Published in 2000, this is one of the central texts of what is called subaltern studies, the historical project of recovering the perspectives and experiences of those whom colonial history silenced. Chakrabarty's argument is that European history is not the template against which all other histories should be measured. The assumption that other societies are at earlier stages of a development process whose end point is liberal capitalist modernity is itself a colonial assumption. "Provincializing Europe" means treating European history as one regional history among others, not as the universal narrative into which everyone else must be inserted.

The book is theoretically demanding but the argument is important for anyone who studies non-Western history and keeps noticing that the analytical categories keep coming from a very small part of the world.

Exterminate All the Brutes by Sven Lindqvist

Published in Swedish in 1992 and translated in 1996, this is part travel narrative, part historical argument, part meditation on European violence.

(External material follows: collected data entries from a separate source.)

//! Spelled examples of each kind, with each byte at each of its values, and cut at each place.

use super::expected::assert_same;
use super::samples::put_at;
use rr_frame::{
    Snapshot, Version, decode_fact, decode_group, decode_snapshot, encode_fact, encode_group,
    encode_snapshot,
};
use rr_types::{Command, Op, Refusal, Standing, made_of};
use std::alloc::Global;
use std::process::Abort;

/// Which decoder reads an example, and in which version.
#[derive(Clone, Copy)]
pub(crate) enum Form {
    Fact(Version),
    Group(Version),
    Snapshot,
}

/// Instance 258 enters round 3 with `7.1 claim a x`, adopted in round 2.
const ENTER: [u8; 30] = [
    1, 0, 0, 1, 2, 0, 0, 0, 3, 0, 0, 0, 2, 0, 0, 0, 7, 0, 0, 0, 0, 0, 0, 0, 1, 1, 1, 97, 1, 120,
];

/// Where its fields begin.
const ENTER_FIELDS: [usize; 11] = [0, 1, 5, 9, 13, 17, 25, 26, 27, 28, 29];

/// In the last round of the last instance `7.2 update a-9` is proposed; its value is empty.
const PROPOSE: [u8; 27] = [
    2, 0, 15, 255, 255, 127, 255, 255, 255, 0, 0, 0, 7, 0, 0, 0, 0, 0, 0, 0, 2, 2, 3, 97, 45, 57, 0,
];

/// Where its fields begin.
const PROPOSE_FIELDS: [usize; 9] = [0, 1, 5, 9, 13, 21, 22, 23, 26];

/// In round 1 of instance 0 `7.3 release a` is adopted.
const ADOPT: [u8; 24] = [
    3, 0, 0, 0, 0, 0, 0, 0, 1, 0, 0, 0, 7, 0, 0, 0, 0, 0, 0, 0, 3, 3, 1, 97,
];

/// Where its fields begin.
const ADOPT_FIELDS: [usize; 8] = [0, 1, 5, 9, 13, 21, 22, 23];

/// Instance 0 decides `7.2 transfer a 9`.
const DECIDE: [u8; 24] = [
    4, 0, 0, 0, 0, 0, 0, 0, 7, 0, 0, 0, 0, 0, 0, 0, 2, 4, 1, 97, 0, 0, 0, 9,
];

/// Where its fields begin.
const DECIDE_FIELDS: [usize; 8] = [0, 1, 5, 9, 17, 18, 19, 20];

/// A group of these four facts; the first has number 3.
const GROUP: [u8; 115] = [
    0, 0, 0, 0, 0, 0, 0, 3, 0, 4, 1, 0, 0, 1, 2, 0, 0, 0, 3, 0, 0, 0, 2, 0, 0, 0, 7, 0, 0, 0, 0, 0,
    0, 0, 1, 1, 1, 97, 1, 120, 2, 0, 15, 255, 255, 127, 255, 255, 255, 0, 0, 0, 7, 0, 0, 0, 0, 0,
    0, 0, 2, 2, 3, 97, 45, 57, 0, 3, 0, 0, 0, 0, 0, 0, 0, 1, 0, 0, 0, 7, 0, 0, 0, 0, 0, 0, 0, 3, 3,
    1, 97, 4, 0, 0, 0, 0, 0, 0, 0, 7, 0, 0, 0, 0, 0, 0, 0, 2, 4, 1, 97, 0, 0, 0, 9,
];

/// Where its fields begin.
const GROUP_FIELDS: [usize; 38] = [
    0, 8, 10, 11, 15, 19, 23, 27, 35, 36, 37, 38, 39, 40, 41, 45, 49, 53, 61, 62, 63, 66, 67, 68,
    72, 76, 80, 88, 89, 90, 91, 92, 96, 100, 108, 109, 110, 111,
];

/// In version 1, in the last round of the last instance `7.2 update a-9` is proposed.
const OLD_PROPOSE: [u8; 27] = [
    2, 0, 0, 255, 255, 127, 255, 255, 255, 0, 0, 0, 7, 0, 0, 0, 0, 0, 0, 0, 2, 2, 3, 97, 45, 57, 0,
];

/// A group of version 1, of the facts `ENTER`, `OLD_PROPOSE` and `ADOPT`. Its fields begin where those of `GROUP` do.
const OLD_GROUP: [u8; 91] = [
    0, 0, 0, 0, 0, 0, 0, 3, 0, 3, 1, 0, 0, 1, 2, 0, 0, 0, 3, 0, 0, 0, 2, 0, 0, 0, 7, 0, 0, 0, 0, 0,
    0, 0, 1, 1, 1, 97, 1, 120, 2, 0, 0, 255, 255, 127, 255, 255, 255, 0, 0, 0, 7, 0, 0, 0, 0, 0, 0,
    0, 2, 2, 3, 97, 45, 57, 0, 3, 0, 0, 0, 0, 0, 0, 0, 1, 0, 0, 0, 7, 0, 0, 0, 0, 0, 0, 0, 3, 3, 1,
    97,
];

/// In version 1, the snapshot of node 1 of 3 with epoch 5 behind nine facts. Instance 0 has decided `7.1 claim a x`.
/// Instance 2 is in round 4, in which that was adopted and the node proposed `7.3 release a`. The last instance is in
/// its last round with `7.2 update a-9`, never adopted, and no proposal.
const OLD_SNAPSHOT: [u8; 123] = [
    1, 1, 3, 0, 0, 0, 0, 0, 0, 0, 5, 0, 0, 0, 0, 0, 0, 0, 9, 0, 0, 0, 3, 0, 0, 0, 0, 1, 0, 0, 0, 7,
    0, 0, 0, 0, 0, 0, 0, 1, 1, 1, 97, 1, 120, 0, 0, 0, 2, 2, 0, 0, 0, 4, 0, 0, 0, 4, 0, 0, 0, 7, 0,
    0, 0, 0, 0, 0, 0, 1, 1, 1, 97, 1, 120, 1, 0, 0, 0, 7, 0, 0, 0, 0, 0, 0, 0, 3, 3, 1, 97, 0, 0,
    255, 255, 2, 127, 255, 255, 255, 0, 0, 0, 0, 0, 0, 0, 7, 0, 0, 0, 0, 0, 0, 0, 2, 2, 3, 97, 45,
    57, 0, 0,
];

/// Where its fields begin.
const OLD_SNAPSHOT_FIELDS: [usize; 43] = [
    0, 1, 2, 3, 11, 19, 23, 27, 28, 32, 40, 41, 42, 43, 44, 45, 49, 50, 54, 58, 62, 70, 71, 72, 73,
    74, 75, 76, 80, 88, 89, 90, 91, 95, 96, 100, 104, 108, 116, 117, 118, 121, 122,
];

/// The snapshot of node 1 of 3 with epoch 5 behind nine facts. Instance 0 has decided
/// `7.1 claim a x`. Instance 2 is in round 4, in which `7.2 transfer a 9` was adopted and the node
/// proposed `7.3 release a`. The last instance is in its last round with `7.2 update a-9`, never
/// adopted, and no proposal.
const SNAPSHOT: [u8; 125] = [
    2, 1, 3, 0, 0, 0, 0, 0, 0, 0, 5, 0, 0, 0, 0, 0, 0, 0, 9, 0, 0, 0, 3, 0, 0, 0, 0, 1, 0, 0, 0, 7,
    0, 0, 0, 0, 0, 0, 0, 1, 1, 1, 97, 1, 120, 0, 0, 0, 2, 2, 0, 0, 0, 4, 0, 0, 0, 4, 0, 0, 0, 7, 0,
    0, 0, 0, 0, 0, 0, 2, 4, 1, 97, 0, 0, 0, 9, 1, 0, 0, 0, 7, 0, 0, 0, 0, 0, 0, 0, 3, 3, 1, 97, 0,
    15, 255, 255, 2, 127, 255, 255, 255, 0, 0, 0, 0, 0, 0, 0, 7, 0, 0, 0, 0, 0, 0, 0, 2, 2, 3, 97,
    45, 57, 0, 0,
];

/// Where its fields begin.
const SNAPSHOT_FIELDS: [usize; 42] = [
    0, 1, 2, 3, 11, 19, 23, 27, 28, 32, 40, 41, 42, 43, 44, 45, 49, 50, 54, 58, 62, 70, 71, 72, 73,
    77, 78, 82, 90, 91, 92, 93, 97, 98, 102, 106, 110, 118, 119, 120, 123, 124,
];

/// Reads bytes, and writes what was read; a snapshot with the first byte of its version.
pub(crate) fn rewritten(alloc: Global, form: Form, bytes: &[u8]) -> Result<Vec<u8>, Refusal> {
    made_of!(Command, Op, Standing);
    match form {
        Form::Fact(version) => encode_fact(alloc, &decode_fact(version, bytes)?),
        Form::Group(version) => encode_group(alloc, &decode_group(alloc, version, bytes)?),
        Form::Snapshot => {
            let (version, snapshot) = decode_snapshot(alloc, bytes)?;
            let mut again = encode_snapshot(alloc, &snapshot)?;
            if let Some(first) = again.first_mut() {
                *first = version.number();
            }
            Ok(again)
        }
    }
}

/// Asserts that bytes are refused within them, or are the spelling of what is read of them.
fn assert_exact(rt: &impl Abort, alloc: Global, form: Form, bytes: &[u8]) -> Result<(), Refusal> {
    match rewritten(alloc, form, bytes) {
        Ok(again) => assert_same(rt, &again, bytes, "an example"),
        Err(Refusal::Malformed(offset)) => assert!(rt; offset <= bytes.len() as u64),
        Err(refusal) => return Err(refusal),
    }
    Ok(())
}

/// Asserts that bytes are refused at this offset.
fn assert_refused(rt: &impl Abort, alloc: Global, form: Form, bytes: &[u8], offset: usize) {
    let refused = rewritten(alloc, form, bytes).err();
    assert_eq!(rt; refused, Some(Refusal::Malformed(offset as u64)));
}

/// Where the field begins that has this place.
fn field_of(fields: &[usize], place: usize) -> usize {
    let mut found = 0;
    for start in fields {
        if *start <= place {
            found = *start;
        }
    }
    found
}

/// The bytes are exact with each byte at a place.
fn sweep_place(rt: &impl Abort, alloc: Global, form: Form, bytes: &mut [u8], place: usize) {
    for byte in 0..=255 {
        put_at(bytes, place, byte);
        assert_exact(rt, alloc, form, bytes).expect(rt, "memory");
    }
}

/// The example is exact, also with each byte at each value; cut, it is refused at the cut field.
fn sweep(rt: &impl Abort, alloc: Global, form: Form, example: &[u8], fields: &[usize]) {
    let mut bytes = example.to_vec(alloc).expect(rt, "memory");
    for (place, kept) in example.iter().enumerate() {
        assert_refused(rt, alloc, form, &example[..place], field_of(fields, place));
        sweep_place(rt, alloc, form, &mut bytes, place);
        put_at(&mut bytes, place, *kept);
    }
    let again = rewritten(alloc, form, example).expect(rt, "memory");
    assert_same(rt, &again, example, "an example");
    bytes.push(0).expect(rt, "memory");
    assert_refused(rt, alloc, form, &bytes, example.len());
}

#[test]
fn each_byte_and_each_cut_of_facts(rt: HostRuntime) {
    let rows: [(&[u8], &[usize]); 4] = [
        (&ENTER, &ENTER_FIELDS),
        (&PROPOSE, &PROPOSE_FIELDS),
        (&ADOPT, &ADOPT_FIELDS),
        (&DECIDE, &DECIDE_FIELDS),
    ];
    for (example, fields) in rows {
        sweep(&rt, rt.alloc(), Form::Fact(Version::Two), example, fields);
    }
}

#[test]
fn each_byte_and_each_cut_of_a_group(rt: HostRuntime) {
    let form = Form::Group(Version::Two);
    sweep(&rt, rt.alloc(), form, &GROUP, &GROUP_FIELDS);
}

#[test]
fn each_byte_and_each_cut_of_a_snapshot(rt: HostRuntime) {
    sweep(&rt, rt.alloc(), Form::Snapshot, &SNAPSHOT, &SNAPSHOT_FIELDS);
}

#[test]
fn each_byte_and_each_cut_of_facts_of_version_1(rt: HostRuntime) {
    let rows: [(&[u8], &[usize]); 3] = [
        (&ENTER, &ENTER_FIELDS),
        (&OLD_PROPOSE, &PROPOSE_FIELDS),
        (&ADOPT, &ADOPT_FIELDS),
    ];
    for (example, fields) in rows {
        sweep(&rt, rt.alloc(), Form::Fact(Version::One), example, fields);
    }
}

#[test]
fn each_byte_and_each_cut_of_a_group_of_version_1(rt: HostRuntime) {
    let form = Form::Group(Version::One);
    sweep(&rt, rt.alloc(), form, &OLD_GROUP, &GROUP_FIELDS);
}

#[test]
fn each_byte_and_each_cut_of_a_snapshot_of_version_1(rt: HostRuntime) {
    let fields = &OLD_SNAPSHOT_FIELDS;
    sweep(&rt, rt.alloc(), Form::Snapshot, &OLD_SNAPSHOT, fields);
}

Lindqvist travels through the Sahara while excavating the history of European colonial campaigns in Africa, tracing the systematic extermination of African populations that preceded and, he argues, normalized the genocide of the Holocaust. The title is from Conrad's Heart of Darkness, the phrase written at the end of Kurtz's report, and Lindqvist uses it as the thread connecting the Belgian Congo to the German extermination of the Herero in Namibia to the death camps.

The book is formally unusual, fragmentary and nonlinear, and its argument is disputed by historians who see it as overly schematic. But as a confrontation with what European civilization was doing outside Europe while congratulating itself on its humanism at home, it is indispensable.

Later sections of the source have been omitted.